Me: Hi, so today's episode will be an interview from Christina Cummings. She is a DBT therapist from New Jersey and she will describe what that is in the episode, and this will be the first part of her interview. There will be several parts to her interview, and I hope you enjoy learning about her therapy. And comparing it to CBT therapy as well, which is Cognitive Behavioral Therapy. DBT stands for Dialectical Behavioral Therapy and we will be comparing those two throughout the interviews with her at me episodes that talk about that interview and also, Describing what DBT is and how it's different from CBT and I hope you learn some new things about how DBT helps people with NLD and how it's different from CBT and that this information will be helpful to you or to somebody that you know. So please enjoy this interview. Thank you. All right, so I am here today with Christina Cumming and she will begin by introducing herself. 

Christina: Hi, I'm Christina. I am a DBT therapist in New Jersey and I work with a few niches. Populations and one of them is individuals with NVLD. 

Me: Thank you, Christina. So I am really glad that you wanted to do this interview and that you work with NVLD people as that's one of the populations that I know needs help. And so I wanted to ask you how long you've been in DBT therapy and kind of what. Got you into it. 

Christina: I have been in the mental health field for 11 years, and along the way I found DBT. I was not looking for it. but it landed in my lap and that started about five years ago.  I. Always had a little bit of a grudge, for lack of a better term, against DBT because it's very intensive training.

Me: Mm-hmm.

Christina: And it really turns me off, the work turns me off because as a therapist you have to go through so much school and so much training to think of getting done. All of that to go back into training, really turned me off for a long time. And, I'm kind of jumping ahead a little bit, but I worked for an amazing nonprofit a few years back and I had the opportunity to go through a very rigorous training and had that be incorporated into, my working hours, which all of a sudden really lowered my defenses towards it and thought, well, if I'm working, I'm getting paid. I can do this additional training because it's within my 40 hour work week, and I fell in love. I really wasn't expecting to, but I found a lot of use out of it. And in some of the clients that I was working with that weren't making any progress, I was able to bring these techniques and skills to them and all of a sudden, There was change, there was movement forward where there was stagnation for so long.

And of course it's when you see something that works, you wanna continue doing it and I fell more and more in love with it as I went through and found more success. Yeah. That makes sense to me. That actually kind of makes me think of my podcast. Starting it and not realizing that I would really like doing the research and love helping the people that have reached out to me as a result of it, like you and any others who gave me feedback on it.
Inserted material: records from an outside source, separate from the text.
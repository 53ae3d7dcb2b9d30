// What new bytes have more than old ones. Numbers are read low byte first: modulo 65535 that is to take each 256 times, so
// what is added up and taken away stays right, and nothing is exchanged on the way.
ghost use Rattle.std.specs.Prelude.{◌≡◌, true, ◌+◌, ◌%◌, ◌≤◌};
ghost use Rattle.sums.specs.Total.{weigh};
ghost use Rattle.sums.specs.Partials.{swap_if};

// So much more, modulo 65535: one number for every field that covers the bytes.
#[derive(Clone, Copy)]
pub struct Change {
    pub by: u16,
    pub ghost reduced: { by ≤ 65534 },
}

impl Change {
    // From one total to another. 2 ^ 64 - 1 is a multiple of 65535, so to add a complement is to take away.
    pub fn between(old: u64, new: u64) -> Change
        ensures { (result.by + old) % 65535 ≡ new % 65535 }
    {
        Change {
            by: (sums::carry(u64::MAX - old, new) % 65535) as u16,
        }
    }

    // From some bytes to others: the complement of the one's total is what the other's begins with.
    pub fn of(old: &[u8], new: &[u8]) -> Change
        ensures { (result.by + weigh true old.now) % 65535 ≡ weigh true new.now % 65535 }
    {
        Change {
            by: (sums::total(new, u64::MAX - sums::total(old, 0)) % 65535) as u16,
        }
    }

    // As it counts where its bytes begin: at an odd position its two bytes are exchanged (RFC 1071, 2 B).
    pub fn aligned(self, odd: bool) -> Change
        ensures { result.by ≡ swap_if odd self.by }
    {
        if odd {
            Change {
                by: self.by % 256 * 256 + self.by / 256,
            }
        } else {
            self
        }
    }
}
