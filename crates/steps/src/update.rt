// Fields updated and written.
ghost use Rattle.std.specs.Prelude.{◌≡◌, false, ◌+◌, ◌%◌, ◌<◌, ◌≤◌, length};
ghost use Rattle.wire.specs.Bytes.{word_at};
ghost use Rattle.steps.specs.Steps.{Renewed, message_put};

use crate::Change;

// The field at a place after a change, by which it goes down, being a complement. 0000 and FFFF are one number modulo
// 65535: FFFF is UDP's, whose 0000 means no sum, and 0000 any other's (RFC 1624's equation 3, but for its FFFF).
pub fn renewed(packet: &[u8], at: usize, d: Change, udp: bool) -> u16
    requires { at + 1 < length packet.now }
    ensures { Renewed udp (word_at packet.now at) d.by result }
{
    let w = less(sums::le2(packet, at), d);
    if udp {
        return w;
    }
    if w == 65535 {
        return 0;
    }
    w
}

// The same for a change of one less that isn't UDP's, in fewer instructions: the field goes up by one.
pub fn raised(packet: &[u8], at: usize) -> u16
    requires { at + 1 < length packet.now }
    ensures { Renewed false (word_at packet.now at) 65534 result }
{
    let f = sums::le2(packet, at);
    if f < 65534 {
        return f + 1;
    }
    f - 65534
}

// f less a change, modulo 65535, and 65535 for 0.
fn less(f: u16, d: Change) -> u16
    ensures { (1 ≤ result) × ((result + d.by) % 65535 ≡ f % 65535) }
{
    if f > d.by {
        return f - d.by;
    }
    f + (65535 - d.by)
}

// Writes the message's field, unless it is UDP's 0000, which stays.
pub fn put_message(packet: &mut [u8], at: usize, quiet: bool, w: u16)
    requires { at + 1 < length packet.old }
    ensures { packet.new ≡ message_put quiet at packet.old w }
{
    if quiet {
        return;
    }
    writes::put_low(packet, at, w);
}
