// The two addresses of a packet, of which an edit changes one.
ghost use Rattle.std.specs.Prelude.{◌≡◌, ◌+◌, ◌≤◌};
ghost use Rattle.steps.specs.Sides.{side_of, placed};

use verdicts::Verdict;

#[derive(Clone, Copy, PartialEq, Eq)]
pub enum Side {
    Source,
    Destination,
}

// A caller names it by a number: 0 is the source, 1 the destination.
impl TryFrom<u32> for Side {
    type Error = Verdict;

    ghost try_from_gives = { λ n r. r ≡ side_of n };

    #[inline(always)]
    fn try_from(side: u32) -> Result<Self, Verdict> {
        match side {
            0 => Ok(Side::Source),
            1 => Ok(Side::Destination),
            _ => Err(Verdict::Place),
        }
    }
}

impl Side {
    // Where its address stands, of two that stand one behind the other from a place on.
    #[inline(always)]
    pub fn place(self, from: usize, size: usize) -> usize
        requires { from + size ≤ 65535 }
        ensures { result ≡ placed self from size }
    {
        match self {
            Side::Source => from,
            Side::Destination => from + size,
        }
    }
}
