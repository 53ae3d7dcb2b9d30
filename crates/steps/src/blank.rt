// Whether an ICMP message, its field aside, is all zeros: the one thing for which an edit reads more than it changes.
ghost use Rattle.std.specs.Prelude.{◌≡◌, ◌&&◌, ◌||◌, ◌+◌, ◌≤◌, eqb, length};
ghost use Rattle.wire.specs.Bytes.{put};
ghost use Rattle.wire.specs.Inner.{protocol_of, end_of, body_of};
ghost use Rattle.kept.specs.Edits.{all_zero, blank};

use wire::Packet;

// Whether ICMP is blank before new bytes are written from a place on, or would be after it: all else is zeros, and so
// are the old bytes or the new ones.
pub fn blanks(packet: &Packet, at: usize, new: &[u8]) -> bool
    requires { (body_of packet.now ≤ at) × (at + length new.now ≤ end_of packet.now) }
    ensures { result ≡ (eqb (protocol_of packet.now) 1 && (blank packet.now packet.now || blank packet.now (put packet.now at new.now))) }
{
    let bytes = packet.bytes();
    let m = packet.message();
    if m.protocol != wire::ICMP {
        return false;
    }
    if !zeros(&bytes[m.start..m.field]) {
        return false;
    }
    if !zeros(&bytes[m.field + 2..at]) {
        return false;
    }
    let next = at + new.len();
    if !zeros(&bytes[next..m.end]) {
        return false;
    }
    // kept: with `&&` and `||` in place of these tests the proof was tried, and it did not close
    if zeros(&bytes[at..next]) {
        return true;
    }
    zeros(new)
}

fn zeros(bytes: &[u8]) -> bool
    ensures { result ≡ all_zero bytes.now }
{
    bytes.iter().all(|b| *b == 0)
}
And he has told me how it's helping people that they know and being able to realize that this is a new passion of mine. So yes, it's like that unexpected positive feedback loop.

Me: Mm-hmm. 

Christina: You didn't go into it thinking that it would be there. And yet it's there. And so it motivates you forward. And that is exactly what happened here with me.

Me: Yeah, I would agree with you on that. So the next question I was gonna ask you about was just, Briefly, if you want to explain what DBT is for people who don't know about it. 
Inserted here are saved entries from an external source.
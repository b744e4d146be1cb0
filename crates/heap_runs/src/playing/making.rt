ghost use Rattle.std.specs.Prelude.{IfOk};
ghost use Rattle.press_alloc.specs.Presses.{IsAllocation};
ghost use Rattle.heap_runs.specs.PlayHeap.{MayCall, AnswersCall};
ghost use Rattle.heap_runs.specs.Playing.{NotesCommand};
ghost use Rattle.heap_runs.specs.Pressed.{MakesCommand, PressesCommand};

use crate::play_heap::PlayHeap;
use heap_model::{Command, Entry, Memory, Reply};
use press_alloc::{Caller, press};

/// How a play makes a command that allocates: once, or by a press, which makes it again behind a collect where it is
/// refused for want of space.
#[derive(Clone, Copy)]
pub enum Allocating {
    Once,
    Pressed,
}

/// A heap that is played on, as one whose seats are pressed.
#[derive(Drop)]
struct PressedHeap<H: PlayHeap> {
    whole: H,
}

impl<H: PlayHeap> Caller for PressedHeap<H> {
    ghost heap = { λ pressed. (H.state pressed.whole).heap };

    ghost history = { λ pressed. (H.state pressed.whole).entries };

    ghost called = { λ old new number command reply. AnswersCall (H.state old.whole) (H.state new.whole) number command reply };

    fn call(&mut self, seat: u8, command: &Command) -> Result<Reply, Memory> {
        let reply = self.whole.call(seat, command)?;
        // What was told is a play: `entries` says so, and no call does.
        let _ = self.whole.entries();
        Ok(reply)
    }

    fn entries(&self) -> &[Entry] {
        self.whole.entries()
    }
}

/// Makes the seat's command, and where it is refused for want of space lets the seat collect and makes it again.
fn press_on<H: PlayHeap + Drop>(whole: H, seat: u8, command: &Command) -> Result<H, Memory>
    requires may { MayCall (H.state whole) seat command.now }
    requires allocates { IsAllocation command.now }
    ensures { IfOk result (λ now. NotesCommand PressesCommand (H.state whole) (H.state now) seat command.now) }
{
    let mut pressed = PressedHeap { whole };
    press(&mut pressed, seat, command)?;
    let PressedHeap { whole } = pressed;
    Ok(whole)
}

/// Makes the seat's command in this way: by a press where it allocates and seats are pressed, and else by one call.
pub fn make_command<H: PlayHeap + Drop>(
    mut whole: H,
    way: Allocating,
    seat: u8,
    command: &Command,
) -> Result<H, Memory>
    requires { MayCall (H.state whole) seat command.now }
    ensures { IfOk result (λ now. NotesCommand (MakesCommand way) (H.state whole) (H.state now) seat command.now) }
{
    match (way, *command) {
        (Allocating::Pressed, Command::New { .. } | Command::Array { .. }) => {
            press_on(whole, seat, command)
        }
        _ => {
            whole.call(seat, command)?;
            Ok(whole)
        }
    }
}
Christina: Yeah, so DBT dialectical Behavior Therapy is a very specific style of therapy that combines the need for validation of how difficult life can be, how hard things are in this moment, and pushing the clients in this therapy towards change. So, And that is a constant balancing act that the therapist is always doing. How much to validate versus how much to change or push towards change, because that's really what we want. We want people to change. We want people to take control of their behavior, to change their lives in order to meet the goals that are most important to them. But we can't just always be in change mode. Sometimes we have to be in. This sucks mode and just validating that and being with that. so dialectic, that idea, that word is.
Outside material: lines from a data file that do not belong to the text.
ghost use Rattle.std.specs.Prelude.{◌≡◌, ◌+◌};
ghost use Rattle.heap_model.specs.Heap.{IsHeap};
ghost use Rattle.heap_model.specs.account.Space.{words_granted, words_returned};
ghost use Rattle.log_merge.specs.Legal.{ShowsUse};
ghost use Rattle.heap_runs.specs.PlayHeap.{IsPlayed};

use heap_model::{Effect, Entry, Heap};

/// How many fragments are in use after these entries.
pub fn in_use(heap: &Heap, entries: &[Entry]) -> u64
    requires limits { IsHeap heap.now }
    requires played { IsPlayed heap.now entries.now }
    ensures { ShowsUse heap.now entries.now result }
{
    let mut gained = u128::from(heap.board_fragments());
    let mut lost = 0u128;
    for entry in entries {
        let effect = Effect::of(entry);
        gained += u128::from(effect.taken);
        lost += u128::from(effect.given) + u128::from(effect.freed);
    }
    (gained - lost) as u64
}

/// How many spine words are in use after these entries.
pub fn words_in_use(heap: &Heap, entries: &[Entry]) -> u64
    requires limits { IsHeap heap.now }
    requires played { IsPlayed heap.now entries.now }
    ensures { result + words_returned entries.now ≡ words_granted entries.now }
{
    let mut granted = 0u128;
    let mut returned = 0u128;
    for entry in entries {
        let effect = Effect::of(entry);
        granted += u128::from(effect.words);
        returned += u128::from(effect.returned);
    }
    (granted - returned) as u64
}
When two things that seem opposite can be true at the same time. The fact that, uh, I might need to validate someone quite a bit and just be with them where they are, and that will actually promote more change in the future. There's lots of  dialectical understanding in life. And some of it's really simple, like, seeing the sunshine even though it just rained a couple minutes ago. So seeing the sunshine on a rainy day or being mad at someone but loving them and we're trying to harness that. There's always, there's always balancing points in life. DBT  has a pretty structured therapy session and you use a diary card, whether it's virtual, an app, or an actual piece of paper or journal.

You use this tool to go over how you felt throughout the week.

Me: Mm-hmm.

Christina: And, any specific targets, behavioral targets. So if someone is trying to. Reduce thoughts of really being disappointed in themselves, then you would hone right in on those thoughts and get right to the stuff that matters. And, in addition to the diary card and the therapy session, there are skills sessions where people learn the DBT skills. This is another really Awesome reason why it seems to click so well with people with NVLD because there's solid and specific skills to use and try. It's not like maybe I'll just kind of wing this or try this concept. It's very like step one, step two, step three, and people love that.  And then finally on the backend, something that's very important that makes DBT is, the therapist having a consultation team.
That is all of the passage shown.